In any event, the plea minutes reflect that defendant's plea was knowing, voluntary and intelligent and that he was afforded meaningful representation (see People v Getter, 52 AD3d 1117, 1117-1118 [2008]; People v White, 47 AD3d 1062, 1063 [2008]; People v Edwards, 43 AD3d 1227, 1228 [2007], lv denied 9 NY3d 1005 [2007]). Defendant was advised of the rights he forfeited by pleading guilty, stated that he understood those rights and that he had adequate time to consult with his attorney and admitted committing the assault as charged in the indictment. Additionally, defendant confirmed that he was satisfied with counsel's representation. Indeed, counsel was able to secure a very favorable plea agreement considering the number and severity of the crimes charged.

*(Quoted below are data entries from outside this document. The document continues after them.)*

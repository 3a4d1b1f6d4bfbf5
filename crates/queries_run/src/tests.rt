//! Worked examples, random edits beside a simple reference, and deep formulas and chains.
ghost use Rattle.std.specs.Prelude.{◌<◌};

use queries::fault::Fault;
use queries::parser::{Line, parse_line};
use queries::place::Place;
use queries::run::answer_all;
use queries::spreadsheet::Spreadsheet;
use queries::value::{Answer, CellError, Value};
use std::alloc::{AllocError, Global};
use std::fmt;
use std::process::Abort;

// Lines, and what they are answered.
const WORKED: [(&str, &str); 15] = [
    ("show A1", "A1 = empty\n"),
    ("A1 = 1 - 2 - 3\nshow A1", "A1 = -4\n"),
    ("A1 = 2 + 3 * 4 - -1\nshow A1", "A1 = 15\n"),
    ("A1 = (2 + 3) * -(4)\nshow A1", "A1 = -20\n"),
    ("A1 = 7 / 2 * 2\nshow A1", "A1 = 6\n"),
    (
        "A1 = 1 / B1\nA2 = A1 + 1\nshow A2",
        "A2 = division by zero\n",
    ),
    ("A1 = 9223372036854775807 + 1\nshow A1", "A1 = overflow\n"),
    (
        "A1 = 3\nA3 = 4\nB1 = SUM(A1:A3) * COUNT(A1:A3)\nshow B1",
        "B1 = 14\n",
    ),
    (
        "A1 = 3\nA3 = -4\nB1 = MAX(A3:A1) - MIN(A1:A3)\nshow B1",
        "B1 = 7\n",
    ),
    (
        "A1 = A2\nA2 = A1\nA3 = A1\nshow A3",
        "A3 = cycle through A1\n",
    ),
    ("A1 = SUM(A1:A2)\nshow A1", "A1 = cycle through A1\n"),
    // A sum is exact, whichever numbers come first, and only what it comes to has to fit.
    (
        "A1 = 9223372036854775807\nA2 = 1\nA3 = -1\nB1 = SUM(A1:A3)\nB2 = SUM(A1:A2)\nshow all",
        "A1 = 9223372036854775807\nA2 = 1\nA3 = -1\nB1 = 9223372036854775807\nB2 = overflow\n",
    ),
    (
        "A1 = -9223372036854775808",
        "line 1, column 7: this number is above 9223372036854775807\n",
    ),
    // What lacks is told where it could stand, and not behind a comment.
    (
        "A1 = 1 + # comment\nshow # comment",
        "line 1, column 9: a number, a cell, a function or '(' should stand here\nline 2, column 5: a cell should stand here\n",
    ),
    (
        "A1 = 1 +\nshow A1 2",
        "line 1, column 9: a number, a cell, a function or '(' should stand here\nline 2, column 9: the line should end here\n",
    ),
];

// Lines are answered so.
fn are_answered(rt: &impl Abort, alloc: Global, lines: &str, answers: &str) {
    match answer_all(alloc, lines) {
        Ok(out) => assert!(rt; out.as_str() == answers),
        Err(fault) => panic!(rt; "{fault:?}"),
    }
}

#[test]
fn lines_are_answered(rt: HostRuntime) {
    for (lines, answers) in &WORKED {
        are_answered(&rt, rt.alloc(), lines, answers);
    }
}

// What a line asks for.
fn line(rt: &impl Abort, alloc: Global, text: &str) -> Line {
    match parse_line(alloc, text) {
        Ok(line) => line,
        Err(error) => panic!(rt; "{text}: {error:?}"),
    }
}

// Does what the line asks for.
fn edit(rt: &impl Abort, alloc: Global, sheet: &mut Spreadsheet, text: &str) {
    let done = match line(rt, alloc, text) {
        Line::Set(place, formula) => sheet.set(place, formula),
        Line::Clear(place) => sheet.clear(place),
        _ => Ok(()),
    };
    assert!(rt; done.is_ok());
}

// The number of a cell in column A, counted from zero.
fn number(rt: &impl Abort, sheet: &mut Spreadsheet, row: u32) -> Option<i64> {
    match sheet.answer(Place { column: 0, row }) {
        Ok(Answer::Value(Value::Number(number))) => Some(number),
        Ok(_) => None,
        Err(fault) => panic!(rt; "{fault:?}"),
    }
}

// The cell has this number, and so many queries were computed and verified so far.
fn is_number(rt: &impl Abort, sheet: &mut Spreadsheet, row: u32, found: i64, counts: (u64, u64)) {
    assert_eq!(rt; number(rt, sheet, row), Some(found));
    assert_eq!(rt; sheet.counts().computed, counts.0);
    assert_eq!(rt; sheet.counts().verified, counts.1);
}

// What is computed again after edits.
fn follow_edits(rt: &impl Abort, alloc: Global, sheet: &mut Spreadsheet) {
    edit(rt, alloc, sheet, "A1 = 4");
    edit(rt, alloc, sheet, "A2 = A1 / 2");
    edit(rt, alloc, sheet, "A3 = A2 + A2");
    is_number(rt, sheet, 2, 4, (3, 0));
    is_number(rt, sheet, 2, 4, (3, 0));
    // A2 comes out as before, and A3 isn't computed again.
    edit(rt, alloc, sheet, "A1 = 5");
    is_number(rt, sheet, 2, 4, (5, 1));
    edit(rt, alloc, sheet, "A1 = 6");
    is_number(rt, sheet, 2, 6, (8, 1));
}

#[test]
fn what_stays_the_same_is_not_computed_again(rt: HostRuntime) {
    let mut sheet = Spreadsheet::new(rt.alloc());
    follow_edits(&rt, rt.alloc(), &mut sheet);
}

#[test]
fn collections_remove_what_nothing_needs(rt: HostRuntime) {
    let lines = "A1 = SUM(B1:B3)\nA2 = C1\nshow all\ncollect\nclear A1\ncollect\nshow A2\nstats\n";
    let answers =
        "A1 = 0\nA2 = 0\nremoved 0 queries\nremoved 5 queries\nA2 = 0\ncomputed 7, verified 2, reused 0, queries 2\n";
    are_answered(&rt, rt.alloc(), lines, answers);
}

#[test]
fn collections_follow_formulas(rt: HostRuntime) {
    let edited = "A1 = SUM(B1:B3)\nshow A1\nA1 = SUM(B1:B3) + 1\ncollect\n";
    are_answered(&rt, rt.alloc(), edited, "A1 = 0\nremoved 0 queries\n");
    let cyclic = "A1 = B1 + 1\nshow A1\nB1 = A1\nshow A1\ncollect\n";
    are_answered(
        &rt,
        rt.alloc(),
        cyclic,
        "A1 = 1\nA1 = cycle through A1\nremoved 0 queries\n",
    );
    let unasked = "A1 = C1\nA2 = C1\nshow A2\nclear A2\ncollect\n";
    are_answered(&rt, rt.alloc(), unasked, "A2 = 0\nremoved 1 queries\n");
}

// A formula of the reference. Cells are A1 to A6.
#[derive(Clone, Copy)]
enum Plain {
    Number(i64),
    Sum(usize, usize),
    Difference(usize, usize),
    Quotient(usize, usize),
    Total(usize, usize),
}

// What looks like random numbers.
#[derive(Drop)]
struct Random(u64);

impl Random {
    // A number below a limit.
    fn below(&mut self, limit: usize) -> usize
        requires { 0 < limit }
        ensures { result < limit }
    {
        self.0 = self
            .0
            .wrapping_mul(6364136223846793005)
            .wrapping_add(1442695040888963407);
        (self.0 >> 33) as usize % limit
    }

    // The formula of a cell, or none.
    fn formula(&mut self) -> Option<Plain> {
        let one = self.below(6) + 1;
        let other = self.below(6) + 1;
        match self.below(10) {
            0 => None,
            1 => Some(Plain::Number(i64::MAX)),
            2 => Some(Plain::Number(0)),
            3 | 4 => Some(Plain::Number(3)),
            5 | 6 => Some(Plain::Sum(one, other)),
            7 => Some(Plain::Difference(one, other)),
            8 => Some(Plain::Quotient(one, other)),
            _ => Some(Plain::Total(one, other)),
        }
    }
}

// The values that are known so far. The first place stands for no cell.
type Outcomes = [Option<Value>; 7];

// A number, where it fits.
fn narrowed(number: i128) -> Value {
    match i64::try_from(number) {
        Ok(number) => Value::Number(number),
        Err(_) => Value::Error(CellError::Overflow),
    }
}

// The value of an operation on two cells, where both are known.
fn both(outcomes: &Outcomes, one: usize, other: usize, plain: Plain) -> Option<Value> {
    let left = match (*outcomes.get(one)?)? {
        Value::Empty => 0,
        Value::Number(number) => i128::from(number),
        Value::Error(error) => {
            (*outcomes.get(other)?)?;
            return Some(Value::Error(error));
        }
    };
    let right = match (*outcomes.get(other)?)? {
        Value::Empty => 0,
        Value::Number(number) => i128::from(number),
        Value::Error(error) => return Some(Value::Error(error)),
    };
    Some(match plain {
        Plain::Sum(..) => narrowed(left.wrapping_add(right)),
        Plain::Difference(..) => narrowed(left.wrapping_sub(right)),
        _ => match left.checked_div(right) {
            Some(number) => narrowed(number),
            None => Value::Error(CellError::DivisionByZero),
        },
    })
}

// The sum of the cells from one to another, where all are known.
fn total(outcomes: &Outcomes, first: usize, last: usize) -> Option<Value> {
    let mut sum = 0i128;
    let mut wrong = None;
    for (cell, outcome) in outcomes.iter().enumerate() {
        if first <= cell && cell <= last {
            match (*outcome)? {
                Value::Empty => {}
                Value::Number(number) => sum = sum.wrapping_add(i128::from(number)),
                Value::Error(error) => wrong = wrong.or(Some(error)),
            }
        }
    }
    Some(wrong.map_or_else(|| narrowed(sum), Value::Error))
}

// The value of a cell, where all that it reads is known.
fn value(outcomes: &Outcomes, plain: Option<Plain>) -> Option<Value> {
    let Some(plain) = plain else {
        return Some(Value::Empty);
    };
    match plain {
        Plain::Number(number) => Some(Value::Number(number)),
        Plain::Sum(one, other) | Plain::Difference(one, other) | Plain::Quotient(one, other) => {
            both(outcomes, one, other, plain)
        }
        Plain::Total(one, other) => total(outcomes, one.min(other), one.max(other)),
    }
}

// One round: the values of all cells whose reads are known.
fn round(outcomes: &Outcomes, cells: &[Option<Plain>; 7]) -> Outcomes {
    let mut next = [None; 7];
    for (place, plain) in next.iter_mut().zip(cells) {
        *place = value(outcomes, *plain);
    }
    next
}

// The formula of a cell, or none. It is shown as the line that sets it.
#[derive(Clone, Copy)]
struct Change(usize, Option<Plain>);

impl fmt::Display for Change {
    fn fmt<W: fmt::Write>(&self, f: &mut fmt::Formatter<W>) -> fmt::Result {
        let cell = self.0;
        match self.1 {
            None => write!(f, "clear A{cell}"),
            Some(Plain::Number(number)) => write!(f, "A{cell} = {number}"),
            Some(Plain::Sum(one, other)) => write!(f, "A{cell} = A{one} + A{other}"),
            Some(Plain::Difference(one, other)) => write!(f, "A{cell} = A{one} - A{other}"),
            Some(Plain::Quotient(one, other)) => write!(f, "A{cell} = A{one} / A{other}"),
            Some(Plain::Total(one, other)) => write!(f, "A{cell} = SUM(A{one}:A{other})"),
        }
    }
}

// The line that gives a cell a formula.
fn text(alloc: Global, change: Change) -> Result<String, AllocError> {
    format!(in alloc; "{change}")
}

// The values from nothing: of the cells whose reads are known in the end.
fn from_nothing(cells: &[Option<Plain>; 7]) -> Outcomes {
    let mut outcomes = [None; 7];
    for _ in 0..8 {
        outcomes = round(&outcomes, cells);
    }
    outcomes
}

// Compares the answers to all cells, and counts cycles and errors.
fn compare(
    rt: &impl Abort,
    sheet: &mut Spreadsheet,
    outcomes: &Outcomes,
    seen: &mut (u32, u32),
) -> Result<(), Fault> {
    for row in 0..6u32 {
        let answer = sheet.answer(Place { column: 0, row })?;
        match outcomes[row as usize + 1] {
            Some(value) => {
                assert!(rt; answer == Answer::Value(value));
                if matches!(value, Value::Error(_)) {
                    seen.1 = seen.1.saturating_add(1);
                }
            }
            None => {
                assert!(rt; matches!(answer, Answer::Cycle(_)));
                seen.0 = seen.0.saturating_add(1);
            }
        }
    }
    Ok(())
}

// Random edits, and the answers after each.
fn edit_at_random(rt: &impl Abort, alloc: Global, sheet: &mut Spreadsheet) -> Result<(), Fault> {
    let mut random = Random(1);
    let mut cells = [None; 7];
    let mut seen = (0u32, 0u32);
    for _ in 0..3000u32 {
        let cell = random.below(6) + 1;
        let plain = random.formula();
        let line = text(alloc, Change(cell, plain))?;
        edit(rt, alloc, sheet, line.as_str());
        cells[cell] = plain;
        compare(rt, sheet, &from_nothing(&cells), &mut seen)?;
    }
    assert!(rt; seen.0 > 100 && seen.1 > 100);
    Ok(())
}

#[test]
fn random_edits_are_answered_as_from_nothing(rt: HostRuntime) -> Result<(), Fault> {
    let mut sheet = Spreadsheet::new(rt.alloc());
    edit_at_random(&rt, rt.alloc(), &mut sheet)
}

// Deep input: a chain of cells, and a formula in parentheses.
const DEEP: u32 = 100000;

// Each cell of a chain but the first is one more than the cell above it.
fn chain(rt: &impl Abort, alloc: Global, sheet: &mut Spreadsheet) -> Result<(), AllocError> {
    edit(rt, alloc, sheet, "A1 = 1");
    for row in 2..=DEEP {
        let before = row - 1;
        let line = format!(in alloc; "A{row} = A{before} + 1")?;
        edit(rt, alloc, sheet, line.as_str());
    }
    Ok(())
}

#[test]
fn a_long_chain_is_computed(rt: HostRuntime) -> Result<(), AllocError> {
    let mut sheet = Spreadsheet::new(rt.alloc());
    chain(&rt, rt.alloc(), &mut sheet)?;
    assert_eq!(rt; number(&rt, &mut sheet, DEEP - 1), Some(100000));
    Ok(())
}

// A formula in many parentheses.
fn nested(alloc: Global) -> Result<String, AllocError> {
    let mut line = String::from_str(alloc, "A1 = ")?;
    for _ in 0..DEEP {
        line.push_str("-(")?;
    }
    line.push_str("7")?;
    for _ in 0..DEEP {
        line.push_str(")")?;
    }
    Ok(line)
}

#[test]
fn deep_parentheses_are_read(rt: HostRuntime) -> Result<(), AllocError> {
    let line = nested(rt.alloc())?;
    let mut sheet = Spreadsheet::new(rt.alloc());
    edit(&rt, rt.alloc(), &mut sheet, line.as_str());
    assert_eq!(rt; number(&rt, &mut sheet, 0), Some(7));
    Ok(())
}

While defendant's guilty plea did not waive his current claim regarding Albany County's geographic jurisdiction over this assault (see People v Kellerman, 102 AD2d 629, 630 [1984]),[FN*] defendant's claim lacks merit. During the plea colloquy, defendant admitted that, as charged in count five of the indictment, he abducted the victim in Albany County and caused serious physical injury to her in furtherance of a felony, i.e., a kidnapping, in violation of Penal Law § 120.10 (4). As one or more elements of this crime occurred in Albany County, it was a proper venue for the prosecution of this crime (see CPL 20.40 [1]; People v Singh, 30 AD3d 639, 639 [2006]). Thus, counsel cannot be deemed ineffective for failing to move to dismiss this count of the indictment on this ground.

Finally, despite defendant's age and difficult upbringing, we are not persuaded that the negotiated sentence was harsh or excessive given the brutal and senseless nature of the crime (see People v Eggsware, 89 AD3d 1277, 1277 [2011]; People v Means, 35 AD3d 975, 976-977 [2006], lv denied 8 NY3d 948 [2007]). We have considered defendant's remaining contentions and find them to be without merit.

Mercure, J.P., Rose, Stein and Spain, JJ., concur. Ordered that the judgment is affirmed.

Footnotes


Footnote *: Notably, venue issues are waivable (see People v Greenberg, 89 NY2d 553, 556 [1997]; People v McLaughlin, 80 NY2d 466, 471 [1992]; People v Lowen, 100 AD2d 518, 519 [1984]).